Friday, August 16, 2013

Meditation on Evil

Bernie and I just experienced two movies: Act of Killing and Hannah Arendt. Both deal concretely with the fact and meaning of evil. They both do what art at its best does. They so involve us that we are no longer mere spectators, but participants with our whole being, emotion and reason, heart and mind, body and soul.

Adolf Eichmann in his routinized indirect participation in the killing of millions of Jews in Nazi Germany and Anwar Congo in his direct personal killing of thousands who were considered communist because of opposition to the military coup d'état in Indonesia are worthwhile subjects of these movie mediations on Evil in today's world.

Then yesterday we metroed to the Corcoran Art Gallery and surveyed its compelling, sobering exhibit on War/Photography: Images of Armed Conflict and its Aftermath.

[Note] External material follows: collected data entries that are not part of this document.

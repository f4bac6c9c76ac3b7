//! The size before a packet.

ghost use Rattle.std.specs.Prelude.{◌≡◌, ◌⊎◌, ◌∷◌, ℕ, Some};
ghost use Rattle.mx_frame.specs.Packets.{size_at, size_behind};
ghost use Rattle.mx_frame.specs.Views.{IsSize};

use byteorder::{BigEndian, ByteOrder};

/// The maximum size of a packet in bytes, without its size field.
const MAX_PACKET_SIZE: u64 = 2_097_152;

/// What bytes begin with, where a packet's size is expected.
#[derive(Clone, Copy)]
pub(crate) enum Size {
    /// A size, spelled in `head` bytes.
    Whole { head: usize, size: usize },
    /// A prefix of a size.
    Part,
    /// No size that a packet may have.
    Wrong,
}

/// Reads the first size, from at most 9 bytes.
#[tactic(auto, unfolding(crate::specs::Packets::size_at))]
pub(crate) fn size_at(bytes: &[u8]) -> Size
    ensures { IsSize result bytes.now (size_at bytes.now) }
{
    let Some((leading, rest)) = bytes.split_first() else {
        return Size::Part;
    };
    match *leading {
        0x00..=0x7f => Size::Whole {
            head: 1,
            size: usize::from(*leading),
        },
        0xcc => size_behind(1, rest),
        0xcd => size_behind(2, rest),
        0xce => size_behind(4, rest),
        0xcf => size_behind(8, rest),
        _ => Size::Wrong,
    }
}

/// Reads a big-endian size of `width` bytes after its leading byte.
fn size_behind(width: usize, rest: &[u8]) -> Size
    requires { (width ≡ 1) ⊎ (width ≡ 2) ⊎ (width ≡ 4) ⊎ (width ≡ 8) }
    ensures { (leading : ℕ) → IsSize result (leading ∷ rest.now) (size_behind leading (Some width) rest.now) }
{
    if rest.len() < width {
        return Size::Part;
    }
    let size = BigEndian::read_uint(rest, width);
    if size > MAX_PACKET_SIZE {
        return Size::Wrong;
    }
    Size::Whole {
        head: 1 + width,
        size: size as usize,
    }
}
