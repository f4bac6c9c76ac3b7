//! Theorems that other crates may use. The functions do nothing.

ghost use Rattle.std.specs.Prelude.{◌≡◌, ◌↔◌, ◌++◌, List, ℕ};
ghost use Rattle.mx_frame.specs.Packets.{Broken, NeedMore, Packet, first_frame};
ghost use Rattle.mx_frame.specs.Spelled.{BeginsWithNoPacket, BeginsWithPacket, EndsTooSoon};

/// What bytes begin with, by the grammar of MessagePack.
pub fn packets_are_spelled()
    ensures packet { (bytes packet rest : List ℕ) → (first_frame bytes ≡ Packet packet rest) ↔ BeginsWithPacket bytes packet rest }
    ensures broken { (bytes : List ℕ) → (first_frame bytes ≡ Broken) ↔ BeginsWithNoPacket bytes }
    ensures need_more { (bytes : List ℕ) → (first_frame bytes ≡ NeedMore) ↔ EndsTooSoon bytes }
{}

/// A first packet stays the first whatever follows, and what begins with no packet does so whatever
/// follows.
pub fn what_is_framed_stays()
    ensures packet { (bytes more packet rest : List ℕ) → first_frame bytes ≡ Packet packet rest → first_frame (bytes ++ more) ≡ Packet packet (rest ++ more) }
    ensures broken { (bytes more : List ℕ) → first_frame bytes ≡ Broken → first_frame (bytes ++ more) ≡ Broken }
{}
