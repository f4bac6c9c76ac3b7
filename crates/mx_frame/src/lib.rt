//! The packets of a connection, however its bytes are split (IPROTO, "Packet structure").
#![tactic(auto)]

mod framer;
mod laws;
mod size;

pub use framer::{Framed, Framer};
pub use laws::{packets_are_spelled, what_is_framed_stays};
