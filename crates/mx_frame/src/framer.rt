//! The framer: bytes in, packets out.

ghost use Rattle.std.specs.Prelude.{◌≡◌, ◌+◌, ◌-◌, ◌^◌, ◌<◌, ◌≤◌, ◌++◌, [], ℕ, List, length, drop, min, vec_len, MatchResult};
ghost use Rattle.mx_frame.specs.Packets.{Packet, first_frame};
ghost use Rattle.mx_frame.specs.Views.{IsFramed};

use crate::size::{Size, size_at};
use std::alloc::{AllocError, Global};
use std::marker::Model;

/// The bytes of a connection that came and weren't passed yet, split into packets.
#[derive(Drop)]
pub struct Framer {
    /// The bytes from `start` on weren't passed yet.
    buffer: Vec<u8>,
    start: usize,
    passed: u64,
}

impl Model for Framer {
    ghost use Rattle.std.specs.Prelude.{◌≤◌, drop, vec_len};
    ghost use Rattle.mx_frame.specs.Streams.{Stream};

    ghost Value = { Stream };

    ghost view = { λ f. record { passed = f.passed; rest = drop f.start f.buffer.items } };

    ghost invariant = { λ f. f.start ≤ vec_len f.buffer };
}

/// What the bytes begin with that weren't passed.
#[derive(Clone, Copy, PartialEq, Eq)]
pub enum Framed<'a> {
    /// A whole packet, without its size.
    Packet(&'a [u8]),
    /// A prefix of a packet.
    NeedMore,
    /// No packet: a byte that begins no unsigned number, or a size above 2,097,152. `at` is the
    /// number of bytes of the connection before it, up to `u64::MAX`.
    Broken { at: u64 },
}

impl Framer {
    /// A framer to which no bytes came yet.
    pub fn new(alloc: Global) -> Framer
        ensures rest { result.rest ≡ [] }
        ensures passed { result.passed ≡ 0 }
    {
        Framer {
            buffer: Vec::new(alloc),
            start: 0,
            passed: 0,
        }
    }

    /// Takes the next bytes of the connection.
    ///
    /// # Errors
    /// The bytes weren't taken.
    pub fn feed(&mut self, piece: &[u8]) -> Result<(), AllocError>
        ensures rest { MatchResult result (λ _. self.new.rest ≡ self.old.rest ++ piece.now) (λ _. self.new.rest ≡ self.old.rest) }
        ensures passed { self.new.passed ≡ self.old.passed }
    {
        // What was passed is dropped only where it is more than half, so that fewer bytes are moved
        // than were passed.
        if self.start > self.buffer.len() - self.start {
            drop_prefix(&mut self.buffer, self.start);
            self.start = 0;
        }
        self.buffer.extend_from_slice(piece)
    }

    /// What the bytes begin with that weren't passed.
    #[tactic(auto, unfolding(crate::specs::Packets::first_frame))]
    pub fn next(&self) -> Framed<'_>
        ensures { IsFramed result self.now }
    {
        let rest = self.rest();
        match size_at(rest) {
            Size::Part => Framed::NeedMore,
            Size::Wrong => Framed::Broken { at: self.passed },
            Size::Whole { head, size } => {
                let (_, content) = rest.split_at(head);
                if content.len() < size {
                    return Framed::NeedMore;
                }
                Framed::Packet(content.split_at(size).0)
            }
        }
    }

    /// Passes the first packet.
    #[tactic(auto, unfolding(crate::specs::Packets::first_frame))]
    pub fn pass(&mut self)
        requires { (content rest : List ℕ) × (first_frame self.old.rest ≡ Packet content rest) }
        ensures rest { (content rest : List ℕ) → first_frame self.old.rest ≡ Packet content rest → self.new.rest ≡ rest }
        ensures shorter { length self.new.rest < length self.old.rest }
        ensures passed { self.new.passed ≡ min (self.old.passed + (length self.old.rest - length self.new.rest)) (2 ^ 64 - 1) }
    {
        if let Size::Whole { head, size } = size_at(self.rest()) {
            self.start += head + size;
            self.passed = self.passed.saturating_add((head + size) as u64);
        }
    }

    fn rest(&self) -> &[u8]
        ensures { result.now ≡ self.now.rest }
    {
        self.buffer.as_slice().split_at(self.start).1
    }
}

fn drop_prefix(buffer: &mut Vec<u8>, count: usize)
    requires { count ≤ vec_len buffer.old }
    ensures { buffer.new.items ≡ drop count buffer.old.items }
{
    let left = buffer.len() - count;
    buffer.copy_within(count.., 0);
    buffer.truncate(left);
}
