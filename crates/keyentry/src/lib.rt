// Document 01, "Key List Entry and list": the Key List Entry (MS-EFSR 2.2.2.1.2), read and written.
#![tactic(auto)]

ghost use Rattle.std.specs.Prelude.{◌≡◌, Ok, ℕ, ◌+◌, ◌≤◌, length};
ghost use Rattle.refusal.specs.Chain.{first_of};
ghost use Rattle.wire.specs.Parts.{onto, LiesAt};
ghost use Rattle.records.specs.Writing.{output_of};
ghost use Rattle.keyentry.specs.Layout.{outside, run_checks, item_checks};
ghost use Rattle.keyentry.specs.Reading.{entry_checks, shown, entry_of, algorithm_of, span_of, entry_span, entry_part};
ghost use Rattle.keyentry.specs.Writing.{entry_length, entry_bytes, write_checks, entry_written};

use records::{LIMIT, grown};
use refusal::Refusal;
use wire::{Span, copy_into, le32_at, put_le32s};

// An accepted entry: the Flags, and where the public key item and the FEK stand, counted from the entry's first byte.
#[derive(Clone, Copy, Debug, PartialEq, Eq)]
pub struct Entry {
    pub flags: u32,
    pub item: Span,
    pub fek: Span,
}

// What Flags say of the FEK's encryption.
#[derive(Clone, Copy, Debug, PartialEq, Eq)]
pub enum Algorithm {
    Rsa,
    Aes256,
    Unsupported,
}

// An item as an entry's numbers place it: `len` bytes from `at` on, whether or not they lie in the entry.
#[derive(Clone, Copy, Debug, PartialEq, Eq)]
struct Item {
    at: u32,
    len: u32,
}

// The parts of an entry.
#[derive(Clone, Copy, Debug, PartialEq, Eq)]
pub enum EntryPart {
    Item,
    Fek,
}

impl Entry {
    #[tactic(auto, unfolding(crate::specs::Reading::algorithm_of))]
    pub fn algorithm(self) -> Algorithm
        ensures { result ≡ algorithm_of self.flags }
    {
        match self.flags {
            0 => Algorithm::Rsa,
            1 => Algorithm::Aes256,
            _ => Algorithm::Unsupported,
        }
    }

    // Where a part stands.
    #[tactic(auto, unfolding(crate::specs::Reading::span_of))]
    pub fn span(self, which: EntryPart) -> Span
        ensures { result ≡ span_of (Ok self) which }
    {
        match which {
            EntryPart::Item => self.item,
            EntryPart::Fek => self.fek,
        }
    }
}

impl Item {
    // Where it ends.
    fn end(self) -> usize
        ensures { result ≡ self.at + self.len }
    {
        self.at as usize + self.len as usize
    }

    // It does not lie in the Data Fields of an entry of len bytes.
    #[tactic(auto, unfolding(crate::specs::Layout::outside))]
    fn is_outside(self, len: usize) -> bool
        ensures { result ≡ outside self.at self.len len }
    {
        (self.at < 20) | (len < self.end())
    }
}

// Where a part of what was read stands: each part of a refused entry is empty at 0.
#[tactic(auto, unfolding(crate::specs::Reading::span_of))]
pub fn span_of(read: Result<Entry, Refusal>, which: EntryPart) -> Span
    ensures { result ≡ span_of read which }
{
    read.map_or(Span { at: 0, len: 0 }, |entry| entry.span(which))
}

// What an entry shows, or its refusal.
#[tactic(auto, unfolding(crate::specs::Reading::entry_of, refusal::specs::Chain::unless_refused))]
pub fn read(s: &[u8]) -> Result<Entry, Refusal>
    ensures { result ≡ entry_of s.now }
{
    judge(s)?;
    Ok(shown(s))
}

// The checks, in document 01's order; a number is read just before its check.
#[tactic(auto, unfolding(crate::specs::Reading::entry_checks, refusal::specs::Chain::first_of))]
fn judge(s: &[u8]) -> Result<(), Refusal>
    ensures { result ≡ first_of (entry_checks s.now) }
{
    let len = s.len();
    if LIMIT < len {
        return Err(Refusal::TooLong);
    }
    if len < 20 {
        return Err(Refusal::Short);
    }
    if le32_at(s, 0) as usize != len {
        return Err(Refusal::LengthsDisagree);
    }
    let at = le32_at(s, 4);
    if (Item { at, len: 4 }).is_outside(len) {
        return Err(Refusal::Misplaced);
    }
    let item = Item {
        at,
        len: le32_at(s, at as usize),
    };
    let fek = Item {
        at: le32_at(s, 12),
        len: le32_at(s, 8),
    };
    judge_items(item, fek, len)
}

// The checks behind the item's own length, which is read only where it lies inside. Items and length stay apart: as one value they
// would be put together here, and taken apart in each test.
#[tactic(auto, unfolding(crate::specs::Layout::item_checks, refusal::specs::Chain::first_of))]
fn judge_items(item: Item, fek: Item, len: usize) -> Result<(), Refusal>
    ensures { result ≡ first_of (item_checks item.at item.len fek.at fek.len len) }
{
    if item.len < 4 {
        return Err(Refusal::EmptyItem);
    }
    if len < item.end() {
        return Err(Refusal::Misplaced);
    }
    if fek.len == 0 {
        return Err(Refusal::EmptyItem);
    }
    if fek.is_outside(len) {
        return Err(Refusal::Misplaced);
    }
    judge_runs(item, fek, len)
}

// 8 and 9: one item ends before the other begins, and the runs around them are short.
#[tactic(auto, using(crate::proofs::Tests::runs_turned, crate::proofs::Tests::run_overlap))]
fn judge_runs(item: Item, fek: Item, len: usize) -> Result<(), Refusal>
    ensures { result ≡ first_of (run_checks item.at item.len fek.at fek.len len) }
{
    if item.end() <= fek.at as usize {
        return judge_ordered(item, fek, len);
    }
    if fek.end() <= item.at as usize {
        return judge_ordered(fek, item, len);
    }
    Err(Refusal::Overlap)
}

// 9, where the first item ends before the second begins.
#[tactic(auto, using(crate::proofs::Tests::run_before_lem, crate::proofs::Tests::run_between_lem, crate::proofs::Tests::run_after_lem, crate::proofs::Tests::runs_short))]
fn judge_ordered(first: Item, second: Item, len: usize) -> Result<(), Refusal>
    requires { first.at + first.len ≤ second.at }
    ensures { result ≡ first_of (run_checks first.at first.len second.at second.len len) }
{
    if 28 < first.at {
        return Err(Refusal::UnusedRun);
    }
    if first.end() + 8 < second.at as usize {
        return Err(Refusal::UnusedRun);
    }
    if second.end() + 8 < len {
        return Err(Refusal::UnusedRun);
    }
    Ok(())
}

// What an accepted entry shows.
#[tactic(auto, unfolding(crate::specs::Reading::shown))]
fn shown(s: &[u8]) -> Entry
    ensures { result ≡ shown s.now }
{
    let p = le32_at(s, 4) as usize;
    Entry {
        flags: le32_at(s, 16),
        item: Span {
            at: p,
            len: le32_at(s, p) as usize,
        },
        fek: Span {
            at: le32_at(s, 12) as usize,
            len: le32_at(s, 8) as usize,
        },
    }
}

// The bytes of a part: those very bytes of s, or the empty part on a refusal.
// As `span_of`, one line in each record's crate: a trait that has both would ask each for the kind of part, the reader, the places and the law
// that they lie inside, which is more than these lines.
#[tactic(auto, using(wire::proofs::Parts::start_in, crate::proofs::Reading::part_inside))]
pub fn part(s: &[u8], which: EntryPart) -> &[u8]
    ensures bytes { result.now ≡ entry_part s.now which }
    ensures place { LiesAt result s.entry (entry_span s.now which).at }
{
    wire::part(s, span_of(read(s), which))
}

// Writes an entry: what is given is judged, then 13. A refusal keeps the output's bytes; success keeps those behind the record.
// The shape is that of each record's writer, over its own judge, length and `put`: a trait for it would ask for these three, and a type of
// what is given. As one value it would be put together by each caller, and taken apart in `put`.
pub fn write(out: &mut [u8], flags: u32, item: &[u8], fek: &[u8]) -> Result<usize, Refusal>
    ensures answer { result ≡ entry_written flags item.now fek.now (length out.old) }
    ensures output { out.new ≡ output_of result (entry_bytes flags item.now fek.now) out.old }
{
    judge_given(item, fek)?;
    let len = 20 + item.len() + fek.len();
    if out.len() < len {
        return Err(Refusal::NoRoom);
    }
    put(out, flags, item, fek);
    Ok(len)
}

// 1, 7, 3, then as the reader would say of the bytes, which is 7 for an empty FEK. Flags never refuse.
fn judge_given(item: &[u8], fek: &[u8]) -> Result<(), Refusal>
    ensures { (flags : ℕ) → result ≡ first_of (write_checks flags item.now fek.now) }
{
    if LIMIT < grown(grown(20, item.len()), fek.len()) {
        return Err(Refusal::TooLong);
    }
    if item.len() < 4 {
        return Err(Refusal::EmptyItem);
    }
    if le32_at(item, 0) as usize != item.len() {
        return Err(Refusal::LengthsDisagree);
    }
    if fek.len() == 0 {
        return Err(Refusal::EmptyItem);
    }
    Ok(())
}

// The head, and each body into its own part of the output.
fn put(out: &mut [u8], flags: u32, item: &[u8], fek: &[u8])
    requires { (entry_length item.now fek.now ≤ 65535) × (entry_length item.now fek.now ≤ length out.old) }
    ensures { out.new ≡ onto (entry_bytes flags item.now fek.now) out.old }
{
    let at = 20 + item.len();
    let len = at + fek.len();
    let head = [len as u32, 20, fek.len() as u32, at as u32, flags];
    put_le32s(&mut out[0..20], &head);
    copy_into(&mut out[20..at], item);
    copy_into(&mut out[at..len], fek);
}
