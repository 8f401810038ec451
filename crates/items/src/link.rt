// Names get the kinds and the first items of their rules.
ghost use Rattle.std.specs.Prelude.{◌≡◌, ◌+◌};
ghost use Rattle.items.specs.Linked.{Found, Linkable, Single, Linked};

use crate::{
    ELEMENT, ITEM_COLUMNS, ITEM_KIND, ITEM_TARGET, ITEM_TOKEN, ITEMS, RULE_COLUMNS, RULE_FIRST,
    RULE_PLACE,
};

// The first of the rules with the name of the token at `at`.
fn find(table: &[u32], rules: usize, at: usize) -> usize
    requires { Linkable table.now 0 rules }
    ensures { Found table.now rules at result }
{
    for i in 0..rules {
        if tokens::same_if_named(table, at, table[RULE_PLACE + RULE_COLUMNS * i] as usize) {
            return i;
        }
    }
    rules
}

// Item p; a name gets the kind by its marks, and the first item of its rule.
fn resolve(table: &mut [u32], p: usize, rules: usize)
    requires { Linkable table.old (p + 1) rules }
    ensures { Single table.old rules table.new p }
{
    if table[ITEM_KIND + ITEM_COLUMNS * p] != ELEMENT {
        return;
    }
    let at = table[ITEM_TOKEN + ITEM_COLUMNS * p] as usize;
    let r = find(table, rules, at);
    let head = table[RULE_PLACE + RULE_COLUMNS * r] as usize;
    if ITEMS <= at {
        return;
    }
    if ITEMS <= head {
        return;
    }
    let kind = repetitions::kind_by(table[at], table[head]);
    let first = table[RULE_FIRST + RULE_COLUMNS * r];
    table[ITEM_KIND + ITEM_COLUMNS * p] = kind;
    table[ITEM_TARGET + ITEM_COLUMNS * p] = first;
}

pub fn link(table: &mut [u32], items: usize, rules: usize)
    requires { Linkable table.old items rules }
    ensures { Linked table.old items rules table.new }
{
    for p in 0..items {
        resolve(table, p, rules);
    }
}
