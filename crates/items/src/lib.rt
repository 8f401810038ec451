// The plain rules of a grammar as items in the grammar table, one for each place of a dot, made from the tokens by a machine with a stack.
#![tactic(auto)]

mod link;
mod machine;

ghost use Rattle.std.specs.Prelude.{◌≡◌, ◌<◌, take};
ghost use Rattle.tree.specs.Tree.{Grammar};
ghost use Rattle.items.specs.Items.{kind_at, target_at, token_at};
ghost use Rattle.items.specs.Built.{Built};
ghost use Rattle.items.specs.Scanned.{Prepared, Readable};

pub use repetitions::{
    ALTERNATIVE_END, ATTRIBUTE, DELETED, ELEMENT, ITEM_COLUMNS, ITEM_KIND, ITEM_TARGET, ITEM_TOKEN,
    ITEMS, RULE_END, TERMINAL,
};

// The parts of the grammar table: the tokens, from 0 on; the items; the rules, in the order of the grammar; the machine's stack.
// An entry of the stack is an item that has no place yet, or marks where a bracket or a rule begins.
const RULES: usize = 13824;

const STACK: usize = 14848;

// The columns of a rule: the place of its head's token; its first item.
const RULE_COLUMNS: usize = 2;

const RULE_PLACE: usize = RULES;

const RULE_FIRST: usize = RULES + 1;

// The columns of an entry of the stack are those of an item; where it marks a beginning, the base of what is around it, and the place
// of its token.
const ENTRY_COLUMNS: usize = 3;

const STACK_BASE: usize = STACK + 1;

const STACK_PLACE: usize = STACK + 2;

// The kind of an entry that marks where a bracket or a rule begins.
const BEGINNING: u32 = 0;

// Where the machine stands: how many items and rules are made, how many entries the stack has, and the entry at which the innermost
// bracket or rule begins.
#[derive(Clone, Copy)]
pub struct State {
    pub items: usize,
    pub rules: usize,
    pub depth: usize,
    pub base: usize,
}

// What the machine does at a token.
#[derive(Clone, Copy)]
pub enum Action {
    Skip,
    Push(u32),
    Open,
    Operator(u32),
    Close,
    Finish,
}

// The columns of an item, 0 past the table's end.
pub fn kind_at(table: &[u32], item: usize) -> usize
    ensures { result ≡ kind_at table.now item }
{
    if item < table.len() {
        return tokens::look(table, ITEM_KIND + ITEM_COLUMNS * item);
    }
    0
}

pub fn target_at(table: &[u32], item: usize) -> usize
    ensures { result ≡ target_at table.now item }
{
    if item < table.len() {
        return tokens::look(table, ITEM_TARGET + ITEM_COLUMNS * item);
    }
    0
}

pub fn token_at(table: &[u32], item: usize) -> usize
    ensures { (result ≡ token_at table.now item) × (result < 4294967296) }
{
    if item < table.len() {
        return tokens::look(table, ITEM_TOKEN + ITEM_COLUMNS * item);
    }
    0
}

// The plain rules of the grammar whose tokens are the first `end` numbers. The result is the first item of the root's rule.
pub fn build_items(table: &mut [u32], end: usize) -> usize
    requires { Prepared table.old end }
    ensures { (g : Grammar) → Readable table.old end g → (take end table.new ≡ take end table.old) × Built table.new g result }
{
    let s = machine::scan(table, end);
    link::link(table, s.items, s.rules);
    table[RULE_FIRST] as usize
}
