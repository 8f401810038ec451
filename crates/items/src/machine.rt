// The machine that makes items from tokens: operands are on its stack when their operator comes.
ghost use Rattle.std.specs.Prelude.{◌≡◌, take, get_or};
ghost use Rattle.tree.specs.Tree.{Grammar};
ghost use Rattle.items.specs.Scanned.{Prepared, Readable, Scanned};
ghost use Rattle.items.specs.Machine.{action_of, late_action_of, Space, Copied, Ready, Acts};

use crate::{
    ALTERNATIVE_END, Action, BEGINNING, DELETED, ELEMENT, ENTRY_COLUMNS, RULE_COLUMNS, RULE_END,
    RULE_FIRST, RULE_PLACE, STACK, STACK_BASE, STACK_PLACE, State, TERMINAL,
};
use repetitions::{copy, item, one, put, renew, two};

#[tactic(auto, unfolding(crate::specs::Machine::action_of))]
fn action_of(k: u32) -> Action
    ensures { result ≡ action_of k }
{
    if k < tokens::QUOTED {
        return Action::Push(ELEMENT);
    }
    if k < tokens::RULE_HEAD {
        return Action::Push(TERMINAL);
    }
    if k < tokens::MEMBER_QUOTED {
        return Action::Open;
    }
    if k < tokens::INSERT_QUOTED {
        return Action::Skip;
    }
    if k < tokens::OPEN_GROUP {
        return Action::Push(TERMINAL);
    }
    if k == tokens::OPEN_GROUP {
        return Action::Open;
    }
    if k == tokens::CLOSE_GROUP {
        return Action::Close;
    }
    late_action(k)
}

#[tactic(auto, unfolding(crate::specs::Machine::late_action_of))]
fn late_action(k: u32) -> Action
    ensures { result ≡ late_action_of k }
{
    if k == tokens::NEXT_ALTERNATIVE {
        return Action::Push(ALTERNATIVE_END);
    }
    if k < tokens::RULE_END {
        return Action::Operator(k);
    }
    if k == tokens::RULE_END {
        return Action::Finish;
    }
    Action::Skip
}

// An operator in the place of its operands; the made rule's entry keeps the token of its factor.
fn operate(table: &mut [u32], s: State, k: u32) -> State
    requires { Ready (Action.Operator k) 0 table.old s }
    ensures { Acts (Action.Operator k) 0 table.old s table.new result }
{
    let n = s.items;
    if k < tokens::TO_REPEAT0SEP {
        let d = s.depth - 1;
        let from = STACK + ENTRY_COLUMNS * d;
        let m = one(table, n, from, k);
        renew(table, from, DELETED, m.first as u32);
        return State {
            items: m.next,
            depth: d + 1,
            ..s
        };
    }
    let d = s.depth - 2;
    let from = STACK + ENTRY_COLUMNS * d;
    let m = two(table, n, from, k);
    renew(table, from, DELETED, m.first as u32);
    State {
        items: m.next,
        depth: d + 1,
        ..s
    }
}

// The entries from j up to the depth, and the end of the last alternative, as items from i on.
fn block(table: &mut [u32], i: usize, j: usize, depth: usize) -> usize
    requires { Space table.old i j depth }
    ensures { Copied table.old i j depth result table.new }
{
    let count = depth - j;
    for k in 0..count {
        copy(table, i + k, STACK + ENTRY_COLUMNS * (j + k));
    }
    item(table, i + count, RULE_END, 0);
    i + count + 1
}

fn push(table: &mut [u32], s: State, kind: u32, at: usize) -> State
    requires { Ready (Action.Push kind) at table.old s }
    ensures { Acts (Action.Push kind) at table.old s table.new result }
{
    let d = s.depth;
    put(table, STACK + ENTRY_COLUMNS * d, kind, 0, at as u32);
    State { depth: d + 1, ..s }
}

// A bracket or a rule begins: its mark keeps the base of what is around it.
fn open(table: &mut [u32], s: State, at: usize) -> State
    requires { Ready Action.Open at table.old s }
    ensures { Acts Action.Open at table.old s table.new result }
{
    let d = s.depth;
    put(
        table,
        STACK + ENTRY_COLUMNS * d,
        BEGINNING,
        s.base as u32,
        at as u32,
    );
    State {
        depth: d + 1,
        base: d,
        ..s
    }
}

fn close(table: &mut [u32], s: State) -> State
    requires { Ready Action.Close 0 table.old s }
    ensures { Acts Action.Close 0 table.old s table.new result }
{
    let b = s.base;
    let n = s.items;
    let old = table[STACK_BASE + ENTRY_COLUMNS * b] as usize;
    let next = block(table, n, b + 1, s.depth);
    renew(table, STACK + ENTRY_COLUMNS * b, DELETED, n as u32);
    State {
        items: next,
        depth: b + 1,
        base: old,
        ..s
    }
}

fn finish(table: &mut [u32], s: State) -> State
    requires { Ready Action.Finish 0 table.old s }
    ensures { Acts Action.Finish 0 table.old s table.new result }
{
    let b = s.base;
    let n = s.items;
    let r = s.rules;
    let place = table[STACK_PLACE + ENTRY_COLUMNS * b];
    let old = table[STACK_BASE + ENTRY_COLUMNS * b] as usize;
    let next = block(table, n, b + 1, s.depth);
    table[RULE_PLACE + RULE_COLUMNS * r] = place;
    table[RULE_FIRST + RULE_COLUMNS * r] = n as u32;
    State {
        items: next,
        rules: r + 1,
        depth: b,
        base: old,
    }
}

// One token.
fn step(table: &mut [u32], s: State, at: usize) -> State
    requires { Ready (action_of (get_or table.old at 0)) at table.old s }
    ensures { Acts (action_of (get_or table.old at 0)) at table.old s table.new result }
{
    match action_of(table[at]) {
        Action::Skip => s,
        Action::Push(kind) => push(table, s, kind, at),
        Action::Open => open(table, s, at),
        Action::Operator(k) => operate(table, s, k),
        Action::Close => close(table, s),
        Action::Finish => finish(table, s),
    }
}

// All items; names have no target yet.
pub fn scan(table: &mut [u32], end: usize) -> State
    requires { Prepared table.old end }
    ensures { (g : Grammar) → Readable table.old end g → Scanned g (take 12288 table.old) table.new result }
{
    let mut s = State {
        items: 0,
        rules: 0,
        depth: 0,
        base: 0,
    };
    let mut at = 0;
    while at < end {
        s = step(table, s, at);
        at = tokens::token_end(table, at);
    }
    s
}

There was a meditation room at the end where you could write a postcard and pin it to the wall. The messages were sad, yet hopeful. Aghast at our inhumanity, yet yearning for a peaceful and just human cosmos.

What Hannah Arendt, who has been my intellectual heroine for over fifty years, discovered in Eichmann was not a grand Satan, not a grotesque monster, not even an anti-Semite, but a man who sacrificed his own humanity on the altar of order and the prevailing morality. We discover with her a normal bureaucrat following orders without thinking. She called it the "banality of evil."

It is the "normality" of that evil that upsets us when it is named--as it did for many of the Jews who opposed Arendt's characterization. Because without thinking, without challenging our own morality and that of our religion and our nation, without questioning the beliefs and the rules by which we are behaving, we are complicit in the evil of dehumanization that is surrounding us daily in our cities, in our worship, in our economy, and in our politics.

What we discover with director Joshua Oppenheimer as we ride along with Anwar Congo and his colleagues, as they celebrate and are celebrated for the brutal slaughter of thousands of "communists" in pools of blood, are men who consider themselves free-men (their translation of "gangster") using the methods and morality found in American westerns and gangster movies. Anwar is a kindly grandfather excited to show his grandsons the movie he is making about his exploits in killing.

Only once, when he was acting the part of one of his victims, did Congo suddenly "feel" what his victims must have been feeling and question himself. That was a telling moment because it showed a diminished, suppressed, lost capacity asserting itself: empathy. Congo and his colleagues are like the Nazi soldiers who, carrying out the orders that Eichmann processed, jammed whole families into box cars and carted them to the killing fields, furnaces, and mass graves of camps--without daring to feel any connection to those they were slaughtering.

The capacities to think for oneself in solitude and to feel with others in community are linked. It is our ability to feel with persons dying on the battlefield, roasted by napalm, thrown from helicopters, lined up and shot, tortured in prison camps, wasting without limbs in hospitals, as portrayed in those photographs of war, that we question the policies, the orders, the morality that permits this.

Thinking and empathy are also the capacities (or are they the same?) that define human existence and that connect us to the human in all persons without boundaries. These inheritances, gifts of evolution or graces from God, however you want to conceive them, are what make us a "little more than beasts and a little less than angels." They are our way to transcendence, the act of passing beyond the beliefs that constrain us where we can move from the meditation on Evil to the contemplation of the Good.